Para presidente da CNBB, educação sexual induz à promiscuidade

Denize Bacoccina

De Brasília
O presidente da Confederação Nacional dos Bispos do Brasil (CNBB), cardeal dom Geraldo Majella, diz que o programa de educação sexual do governo federal induz à promiscuidade, ao promover a distribuição de preservativos.

"Favorecer uma educação, para quê? Para estimular a precocidade da criança, do adolescente, como no caso da camisinha. Será que isso é educativo? Isso é induzir todos à promiscuidade", afirmou dom Geraldo em entrevista à BBC Brasil, poucos dias antes de encerrar seu mandato à frente da CNBB, nesta quarta-feira, e transmitir o cargo ao arcebispo de Vitoria da Conquista, dom Geraldo Lyrio Rocha, eleito na semana passada.

Mas ele diz que "é difícil" orientar um casal casado a não usar preservativo para prevenir doenças. "É difícil orientar.
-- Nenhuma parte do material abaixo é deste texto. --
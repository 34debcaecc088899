#![tactic(auto)]
//! The words of a command line, read as options in any order: an option is one word, a name and a
//! value in one word, `name=value`, or a name and a value in two. A program says by its form which
//! words are options without a value, and what a name and a value give. It stands on nothing.

mod form;
mod numerals;

pub use form::{Form, first_given};
pub use numerals::numeral;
Mas nós não temos suficiente possibilidade de dizer faça assim ou faça de outro modo", afirmou dom Geraldo.

Dom Geraldo também criticou a iniciativa do ministro da Saúde, José Ramos Temporão, de promover um debate sobre o aborto, e disse que se houver um plebiscito para legalizar a prática, a Igreja fará uma grande campanha para incentivar os fiéis a votarem contra.

O cardeal disse ainda que está decepcionado com o governo do presidente Luiz Inácio Lula da Silva, em quem depositou esperanças por seu passado de trabalhador e líder sindical.

"Não estou satisfeito plenamente. Já se passou um mandato inteiro. Privilegiou sempre o capital e não o trabalho", afirmou.

Acompanhe os principais trechos da entrevista.

BBC Brasil - Dom Geraldo, duas questões surgiram nas últimas semanas envolvendo de alguma maneira convicções da Igreja. O ministro da Saúde quer fazer um debate e até propor um plebiscito para a população brasileira sobre o aborto. A Igreja Católica é contra, nós sabemos, mas o que a Igreja pretende fazer para influenciar esse debate ou até evitar que ele aconteça?

Dom Geraldo Majella - Se for confirmado o plebiscito, vamos fazer uma campanha grande de esclarecimento para levar nossos fiéis a assumirem com responsabilidade uma resposta negativa a este plebiscito.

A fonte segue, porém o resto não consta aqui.